══ Material provided ══

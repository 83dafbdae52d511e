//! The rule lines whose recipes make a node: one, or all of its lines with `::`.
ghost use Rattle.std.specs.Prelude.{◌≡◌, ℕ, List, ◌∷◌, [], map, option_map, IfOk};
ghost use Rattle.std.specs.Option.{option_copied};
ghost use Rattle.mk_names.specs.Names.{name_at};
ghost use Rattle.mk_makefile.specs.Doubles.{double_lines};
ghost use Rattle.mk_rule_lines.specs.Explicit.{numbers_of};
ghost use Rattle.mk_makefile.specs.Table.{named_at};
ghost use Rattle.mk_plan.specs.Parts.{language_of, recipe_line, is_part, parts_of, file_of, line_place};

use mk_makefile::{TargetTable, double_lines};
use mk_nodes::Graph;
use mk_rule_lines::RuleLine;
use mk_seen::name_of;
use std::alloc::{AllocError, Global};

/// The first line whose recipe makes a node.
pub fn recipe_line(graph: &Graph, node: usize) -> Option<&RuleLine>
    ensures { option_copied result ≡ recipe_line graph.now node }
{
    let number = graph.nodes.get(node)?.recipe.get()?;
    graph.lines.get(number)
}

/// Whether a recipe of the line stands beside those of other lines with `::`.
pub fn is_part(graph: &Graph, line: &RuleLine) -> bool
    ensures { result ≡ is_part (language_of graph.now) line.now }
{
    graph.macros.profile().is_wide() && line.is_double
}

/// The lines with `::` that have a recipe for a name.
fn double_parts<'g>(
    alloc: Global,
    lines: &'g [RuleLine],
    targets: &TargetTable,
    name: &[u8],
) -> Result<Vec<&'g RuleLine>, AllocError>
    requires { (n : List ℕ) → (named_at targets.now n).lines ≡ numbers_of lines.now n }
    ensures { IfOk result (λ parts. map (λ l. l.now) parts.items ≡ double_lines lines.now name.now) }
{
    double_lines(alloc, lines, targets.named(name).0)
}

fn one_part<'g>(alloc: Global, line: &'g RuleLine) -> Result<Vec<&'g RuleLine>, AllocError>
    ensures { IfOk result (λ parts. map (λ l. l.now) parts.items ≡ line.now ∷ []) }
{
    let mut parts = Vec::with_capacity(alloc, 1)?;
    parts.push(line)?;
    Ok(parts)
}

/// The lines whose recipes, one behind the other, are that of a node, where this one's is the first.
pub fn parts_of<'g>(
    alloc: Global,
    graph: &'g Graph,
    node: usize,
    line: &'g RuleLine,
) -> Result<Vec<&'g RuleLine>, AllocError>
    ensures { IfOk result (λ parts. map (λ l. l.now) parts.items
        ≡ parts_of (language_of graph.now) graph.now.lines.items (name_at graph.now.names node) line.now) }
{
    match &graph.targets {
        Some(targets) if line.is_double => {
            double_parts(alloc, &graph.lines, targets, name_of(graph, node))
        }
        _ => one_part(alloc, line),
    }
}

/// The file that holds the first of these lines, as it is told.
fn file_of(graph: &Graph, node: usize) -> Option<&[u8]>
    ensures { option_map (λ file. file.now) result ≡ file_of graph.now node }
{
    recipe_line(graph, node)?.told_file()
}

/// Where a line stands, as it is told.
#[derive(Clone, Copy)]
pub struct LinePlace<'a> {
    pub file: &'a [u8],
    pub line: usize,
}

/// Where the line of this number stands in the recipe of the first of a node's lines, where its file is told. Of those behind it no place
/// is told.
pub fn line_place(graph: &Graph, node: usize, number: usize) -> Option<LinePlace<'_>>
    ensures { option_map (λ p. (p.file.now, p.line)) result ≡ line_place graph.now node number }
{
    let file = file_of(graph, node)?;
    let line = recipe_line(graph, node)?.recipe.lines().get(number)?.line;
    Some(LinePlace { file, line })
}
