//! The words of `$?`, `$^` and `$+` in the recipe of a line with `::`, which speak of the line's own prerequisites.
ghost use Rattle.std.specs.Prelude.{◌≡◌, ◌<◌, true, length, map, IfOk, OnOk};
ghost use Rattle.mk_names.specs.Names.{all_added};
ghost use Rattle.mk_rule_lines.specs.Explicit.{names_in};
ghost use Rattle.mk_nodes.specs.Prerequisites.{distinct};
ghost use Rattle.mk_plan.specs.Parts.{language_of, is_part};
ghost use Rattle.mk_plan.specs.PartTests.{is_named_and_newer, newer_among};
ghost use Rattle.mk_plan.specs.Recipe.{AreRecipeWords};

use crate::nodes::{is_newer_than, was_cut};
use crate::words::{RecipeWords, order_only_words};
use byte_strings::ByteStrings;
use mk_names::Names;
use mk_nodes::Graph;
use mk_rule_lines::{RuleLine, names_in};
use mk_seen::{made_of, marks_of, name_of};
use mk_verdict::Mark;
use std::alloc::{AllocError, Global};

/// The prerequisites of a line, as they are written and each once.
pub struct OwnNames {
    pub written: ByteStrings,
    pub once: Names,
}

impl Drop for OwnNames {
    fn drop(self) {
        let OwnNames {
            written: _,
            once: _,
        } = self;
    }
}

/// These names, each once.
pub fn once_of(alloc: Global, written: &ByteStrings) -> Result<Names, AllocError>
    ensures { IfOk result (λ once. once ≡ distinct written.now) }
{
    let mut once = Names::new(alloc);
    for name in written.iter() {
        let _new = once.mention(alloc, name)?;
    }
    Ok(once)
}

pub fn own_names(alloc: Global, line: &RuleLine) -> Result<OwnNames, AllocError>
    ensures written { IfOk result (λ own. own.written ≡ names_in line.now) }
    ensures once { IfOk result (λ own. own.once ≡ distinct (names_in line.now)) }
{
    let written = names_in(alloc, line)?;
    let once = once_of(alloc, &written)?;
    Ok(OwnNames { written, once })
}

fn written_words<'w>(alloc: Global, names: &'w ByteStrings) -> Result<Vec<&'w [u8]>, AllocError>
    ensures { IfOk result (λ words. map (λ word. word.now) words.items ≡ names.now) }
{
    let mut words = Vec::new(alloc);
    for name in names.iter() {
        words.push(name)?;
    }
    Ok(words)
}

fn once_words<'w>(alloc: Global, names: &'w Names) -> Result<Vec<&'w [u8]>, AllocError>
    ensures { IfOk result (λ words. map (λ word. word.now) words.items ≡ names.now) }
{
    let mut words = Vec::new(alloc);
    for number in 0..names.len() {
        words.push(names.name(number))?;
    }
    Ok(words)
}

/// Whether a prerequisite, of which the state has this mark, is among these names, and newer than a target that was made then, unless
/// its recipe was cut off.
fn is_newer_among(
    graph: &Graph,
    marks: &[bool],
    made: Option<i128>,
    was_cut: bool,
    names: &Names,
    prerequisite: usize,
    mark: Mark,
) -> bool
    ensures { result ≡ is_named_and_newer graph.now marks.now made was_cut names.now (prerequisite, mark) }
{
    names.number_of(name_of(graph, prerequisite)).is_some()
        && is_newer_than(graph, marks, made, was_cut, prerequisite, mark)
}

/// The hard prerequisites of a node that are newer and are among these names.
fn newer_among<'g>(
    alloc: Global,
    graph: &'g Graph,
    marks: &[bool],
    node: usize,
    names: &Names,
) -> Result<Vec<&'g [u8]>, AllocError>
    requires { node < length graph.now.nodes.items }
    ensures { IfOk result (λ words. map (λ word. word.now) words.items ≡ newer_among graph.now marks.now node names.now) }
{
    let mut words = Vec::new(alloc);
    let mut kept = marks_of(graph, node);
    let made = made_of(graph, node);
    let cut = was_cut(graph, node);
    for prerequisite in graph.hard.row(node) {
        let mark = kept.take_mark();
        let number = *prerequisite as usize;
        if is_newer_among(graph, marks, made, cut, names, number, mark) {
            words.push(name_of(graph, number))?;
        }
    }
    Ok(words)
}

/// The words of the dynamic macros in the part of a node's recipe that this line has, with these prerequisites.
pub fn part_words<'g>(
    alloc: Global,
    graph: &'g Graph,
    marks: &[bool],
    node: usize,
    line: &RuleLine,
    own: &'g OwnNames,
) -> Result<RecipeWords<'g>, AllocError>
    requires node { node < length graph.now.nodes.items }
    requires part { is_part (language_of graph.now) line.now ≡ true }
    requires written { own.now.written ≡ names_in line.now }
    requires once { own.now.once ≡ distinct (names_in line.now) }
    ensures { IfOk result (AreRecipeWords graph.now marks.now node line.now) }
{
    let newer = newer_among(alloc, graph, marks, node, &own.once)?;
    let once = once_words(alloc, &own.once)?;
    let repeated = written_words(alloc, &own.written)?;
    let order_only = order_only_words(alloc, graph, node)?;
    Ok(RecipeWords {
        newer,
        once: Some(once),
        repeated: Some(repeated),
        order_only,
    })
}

═══

● What you should do
Locate the lines above that contain "behind" and copy them.

● Answer section
/// The lines whose recipes, one behind the other, are that of a node, where this one's is the first.
/// Where the line of this number stands in the recipe of the first of a node's lines, where its file is told. Of those behind it no place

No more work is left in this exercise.